Die Türglocke läutete, und zwei ältere Damen betraten das Geschäft. Während Billy sie bediente, führte Holly mich durch den Perlenvorhang zu den Wohnräumen hinter dem Laden.

»Die hinteren Zimmer sind unsere«, erklärte sie. Ich folgte ihr durch die Tür in einen kleinen Flur. Gleich rechts neben uns lag ein Wohnzimmer mit einem breiten Dreiersofa, einem kleineren Zweiersofa, zwei Sesseln, einem Glastisch und zwei Stehlampen.

»Das hier ist Billys Schlafzimmer«, sagte sie und wies mit einer Kopfbewegung auf das erste Zimmer links. »Es ist einfacher für ihn, das Zimmer gleich hinter dem Laden zu haben. Das Zimmer nebenan ist meines, und du kannst das Zimmer gegenüber haben«, sagte sie und öffnete die Tür.

Es war ein sehr kleines Zimmer, mit einem einzigen Fenster nach hinten hinaus. Zu sehen gab es nicht gerade viel: nur eine schmale Gasse, die der Müllabfuhr als Zufahrtsweg diente, und einen kleinen umzäunten Bereich für einen Hund aus der Nachbarschaft. Der Hund hielt sich im Moment in seiner Hundehütte auf, und nur seine großen schwarzen Pfoten waren zu sehen. Vor dem Fenster hingen hellbraune Baumwollgardinen, und auf den Fensterladen waren eine Mondsichel und ein Stern gemalt. Auf dem Nachttisch stand eine große, kugelförmige zartviolette Kerze. Auf dem Bett aus dunklem Kiefernholz lagen eine hellbraune Steppdecke und farblich darauf abgestimmte Kissen. Mit seinem ockerfarbenen Teppich, den Wänden, die dunkelrosa gestrichen waren, der Lampe, dem Schaukelstuhl, dem Tischchen und der passenden Kommode aus dunklem Kiefernholz machte das Zimmer einen sehr gemütlichen Eindruck. In der Ecke über dem Stuhl hingen Glöckchen, die sich im Moment fast gar nicht bewegten.

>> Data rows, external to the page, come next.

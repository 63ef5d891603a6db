// The whole text of a run file's ladder.
ghost use Rattle.ladder_print.specs.Text.{misfit_text, text_of, Prints};
ghost use Rattle.ladder_print.specs.Room.{Tries, PrintsIfRoom};

use crate::run;
use ladder_text::{Misfit, ROOM};

// The bytes with which an output buffer has room for every ladder: 35 for each of 38,292 lines, and the room that a
// line's printer asks for.
pub const TEXT_MOST: usize = 1_340_284;

// The line that does not fit.
fn refuse(m: Misfit, out: &mut [u8]) -> Option<usize>
    ensures { Tries (misfit_text m) out.old result out.new }
{
    ladder_text::put_ended(out, 0, m, b'\n')
}

// Any input, any buffer: the ladder, or the line that does not fit, at the front of the buffer; how many bytes.
// `None` where the buffer is shorter than `TEXT_MOST`: then it is left as it was.
#[tactic(auto, using(crate::proofs::Tried::printed, crate::proofs::Tried::tries_as))]
pub fn print_ladder(input: &[u8], out: &mut [u8]) -> Option<usize>
    ensures { Prints (text_of input.now) out.old result out.new }
{
    if out.len() < TEXT_MOST {
        return None;
    }
    match run::start(input) {
        Ok(s) => run::in_large_buffers(s, out),
        Err(m) => refuse(m, out),
    }
}

// The same line by line, as far as there is room.
#[tactic(auto, using(crate::proofs::Tried::tries_as))]
fn whole(input: &[u8], out: &mut [u8]) -> Option<usize>
    ensures { Tries (text_of input.now) out.old result out.new }
{
    if out.len() < ROOM {
        return None;
    }
    match run::start(input) {
        Ok(s) => run::from_start_if_room(s, out),
        Err(m) => refuse(m, out),
    }
}

// The same in a buffer that may be too short for this input's text: then `None`, and it is zeroed, so that no part of a
// ladder stays.
pub fn print_if_room(input: &[u8], out: &mut [u8]) -> Option<usize>
    ensures { PrintsIfRoom (text_of input.now) out.old result out.new }
{
    match whole(input, out) {
        Some(n) if n + ROOM <= out.len() => Some(n),
        _ => {
            out.fill(0);
            None
        }
    }
}
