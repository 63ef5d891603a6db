// A ladder at its start.
ghost use Rattle.std.specs.Prelude.{◌≡◌, Ok};
ghost use Rattle.ladder_text.specs.RunFile.{file_of};

use ladder_run::Ladder;
use ladder_text::RunFile;

// The ladder that a run file sets up, and the file: its line one, and the place of its fates in the input.
#[derive(Clone, Copy)]
pub(crate) struct Start<'a> {
    pub(crate) ladder: Ladder,
    pub(crate) file: RunFile,
    pub(crate) input: &'a [u8],
    ghost taken: { file_of input.now ≡ Ok file },
}
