// A run file's ladder, with buffers of its own.
// No heap, and fixed memory: the part of a buffer that is in use goes on as a slice.
ghost use Rattle.std.specs.Prelude.{◌≡◌, ◌≤◌, length};
ghost use Rattle.ladder_text.specs.RunFile.{fates_at};
ghost use Rattle.ladder_run.specs.Row.{FATES-MOST, COUNT-MOST};
ghost use Rattle.ladder_print.specs.Text.{text_of};
ghost use Rattle.ladder_print.specs.Start.{from_start_text, started_text};
ghost use Rattle.ladder_print.specs.Room.{Tries};

use crate::start::Start;
use crate::{climb, data};
use ladder_text::Misfit;

// The ladder of an input at its start, or the line that does not fit.
#[tactic(auto, unfolding(crate::specs::Text::text_of, status::specs::Result::or_refusal))]
pub(crate) fn start(input: &[u8]) -> Result<Start<'_>, Misfit>
    ensures { started_text result ≡ text_of input.now }
{
    let file = ladder_text::read_run_file(input)?;
    match ladder_run::set_up(file.run) {
        Ok(ladder) => Ok(Start {
            ladder,
            file,
            input,
        }),
        // there is no such line one (crate ladder_claim, `SetsUp`)
        Err(_) => Err(Misfit { line: 1 }),
    }
}

// The ladder in buffers for so many fates and bytes. It stays a function of its own, so that its buffers are in no
// caller's frame.
#[inline(never)]
fn from_start<const FATES: usize, const BYTES: usize>(s: Start, out: &mut [u8]) -> Option<usize>
    requires most { (FATES ≤ FATES-MOST) × (BYTES ≤ COUNT-MOST) }
    requires fates { length (fates_at s.input.now s.file.fates) ≤ FATES }
    requires bytes { s.file.run.count ≤ BYTES }
    ensures { Tries (from_start_text s.entry) out.old result out.new }
{
    let mut fates = [0; FATES];
    let mut sent = [0; BYTES];
    let mut received = [0; BYTES];
    let n = data::gather(s.input, s.file.fates, &mut fates);
    data::fill(&mut sent);
    let m = s.file.run.count as usize;
    climb::climb_if_room(s.ladder, &fates[..n], &sent[..m], &mut received[..m], out)
}

// Buffers for every run file.
pub(crate) fn in_large_buffers(s: Start, out: &mut [u8]) -> Option<usize>
    ensures { Tries (from_start_text s.entry) out.old result out.new }
{
    from_start::<21_844, 65_536>(s, out)
}

// Large buffers only where they are needed: a small run takes less time than their zeros.
pub(crate) fn from_start_if_room(s: Start, out: &mut [u8]) -> Option<usize>
    ensures { Tries (from_start_text s.entry) out.old result out.new }
{
    if 2_048 < s.file.run.count || 3_072 < s.input.len() {
        return in_large_buffers(s, out);
    }
    from_start::<1_024, 2_048>(s, out)
}
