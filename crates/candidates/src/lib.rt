// The candidates of a non-preemptive task under FP, apart from the length: C - 1 of each lower non-preemptive
// task.
#![tactic(auto)]

ghost use Rattle.std.specs.Prelude.{◌≡◌, ℕ, ◌≤◌, ◌<◌, length};
ghost use Rattle.base.specs.Rows.{at};
ghost use Rattle.model.specs.Bound.{FP};
ghost use Rattle.flags.specs.Flags.{flag_in};
ghost use Rattle.rows.specs.Levels.{higher_at};
ghost use Rattle.candidates.specs.Candidates.{block_for, candidate_in};

use flags::Flags;
use rows::Levels;

// C - 1 of a lower non-preemptive task, and 0 of any other.
#[tactic(auto, using(crate::proofs::Lines::block_lines))]
fn block_for(fi: u32, higher: bool, cost: u32) -> u32
    requires { 1 ≤ cost }
    ensures { result ≡ block_for FP 0 fi higher cost }
{
    if fi != 0 {
        return 0;
    }
    if higher { 0 } else { cost - 1 }
}

// The candidates of a non-preemptive task k under FP.
pub fn candidates(
    n: usize,
    levels: Levels,
    cost: &[u32; 32],
    flags: Flags,
    k: usize,
    x: &mut [u32; 32],
)
    requires { (n ≤ 32) × (k < n) × ((i : ℕ) → i < n → 1 ≤ at cost.now i) × (length x.old ≡ 32) }
    ensures { (i : ℕ) → i < n
        → at x.new i
        ≡ candidate_in (higher_at levels) (at cost.now) (flag_in flags) k i }
{
    for i in 0..n {
        let fi = flags::flag_at(flags, i);
        x[i] = block_for(fi, rows::higher(levels, k, i), cost[i]);
    }
    x[k] = 0;
}
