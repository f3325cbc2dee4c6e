// The third front page: the second edition of the test, as document 02's Wish 4 orders it.
// Laws only: this crate has no function.

#![tactic(auto)]
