// Pairs of ids: which pairs are opened.
// Definitions of the differing cells and of the pairs opened: specs/Differing.antt.
#![tactic(auto)]

ghost use Rattle.std.specs.Prelude.{◌≡◌};
ghost use Rattle.compare_pairs.specs.Differing.{branches};
ghost use Rattle.compare_pairs.specs.Models.{goes_on};

use ids::BlockId;

// Is the id a branch other than EMPTY?
#[tactic(auto, using(crate::proofs::Ids::branches_is), unfolding(ids::specs::Ids::is_end))]
fn is_branch(id: u64) -> bool
    ensures { result ≡ branches id }
{
    !BlockId(id).is_end()
}

// Of two different ids with so many levels left: is there a level, and one of them a branch?
#[tactic(auto, unfolding(crate::specs::Models::goes_on))]
pub fn goes_on(a: u64, b: u64, left: u32) -> bool
    ensures { result ≡ goes_on left a b }
{
    left != 0 && (is_branch(a) || is_branch(b))
}
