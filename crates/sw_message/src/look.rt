/// What one look at bytes finds in front of them.
pub enum Look<T> {
    /// What was looked for.
    Whole(T),
    /// Nothing so far.
    NotYet,
    /// Nothing, whatever follows.
    Never,
}
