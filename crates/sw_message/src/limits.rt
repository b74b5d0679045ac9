/// The greatest head or trailer, in bytes, with the empty line that ends it.
pub const MAX_HEAD: usize = 65_536;

/// The greatest number of fields in a head or a trailer.
pub const MAX_FIELDS: usize = 128;

/// The greatest number of digits in a Content-Length.
pub const MAX_LENGTH_DIGITS: usize = 18;
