use crate::fields::FieldList;
use sw_outside::Bytes;

/// What a reply carries. Its `Content-Length` is told by it alone, so no reply says a length that isn't that of its body.
#[derive(Debug, Drop)]
pub enum ReplyBody {
    /// These bytes.
    Whole(Bytes),
    /// Nothing, as in the reply to a HEAD: a GET would carry so many bytes.
    LeftOut(u64),
}

/// A reply, before it is written.
#[derive(Debug, Drop)]
pub struct Response {
    /// The number of the status. Its reason is written with it.
    pub status: u16,
    /// The fields before `Content-Length`, in order.
    pub fields: FieldList,
    /// A reply with status 100 or 204 carries nothing, whatever stands here.
    pub body: ReplyBody,
}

»Dieses Zimmer wird häufig benutzt«, erklärte Holly. »Viele Leute aus unserem Freundeskreis kommen auf dem Weg nach da oder dort durch New York und bleiben über Nacht. Ich weiß selbst, daß es nur ein kleines Zimmer ist, aber ...«

»Es ist ganz prima, Holly. Ich danke dir.«

»Warum machst du es dir nicht einfach bequem hier? Das Bad ist am Ende des Ganges. Mach dich frisch. Ich werde mich auch frisch machen und meine Schwester anrufen. Dann essen wir etwas zu Abend. Billy kocht jeden Abend.«

»Ach?«

»Und er ist auch der Feinschmecker in diesem Haushalt.«

»Du hast es mir zwar genau erzählt, aber ich habe vergessen, warum er im Rollstuhl sitzt. Sagtest du nicht, auf ihn sei geschossen worden?«

»Er ist auf der Straße überfallen worden, vor etwa fünf Jahren, gar nicht weit von hier. Er ist fortgerannt, und sein Angreifer hat auf ihn geschossen und Billys Rückenmark verletzt.«

»Wie gräßlich, aber ich bin trotzdem froh, daß du es mir gesagt hast. Ich wollte nichts Falsches sagen.«

»Mach dir darüber keine Sorgen. Billy hat weitgehend Frieden mit sich selbst und mit seinem Gebrechen geschlossen. Aufgrund seiner Spiritualität hat er häufiger Mitleid mit anderen Menschen als sie mit ihm. Ich kann mich nicht an einen einzigen Augenblick in diesen letzten fünf Jahren erinnern, in dem er deprimiert gewesen wäre. Jeder, der bei uns hereinschaut und sich auch nur im geringsten selbst bedauert, schämt sich normalerweise, wenn er wieder geht, für sein eigenes Selbstmitleid, nachdem er mit Billy geredet hat. Und außerdem ist er ein wunderbarer Dichter, dessen Lyrik in vielen Literaturzeitschriften veröffentlicht wird. Ich werde ihn überreden, dir später etwas vorzulesen.«

Holly legte mir einen Arm um die Schultern und drückte mich.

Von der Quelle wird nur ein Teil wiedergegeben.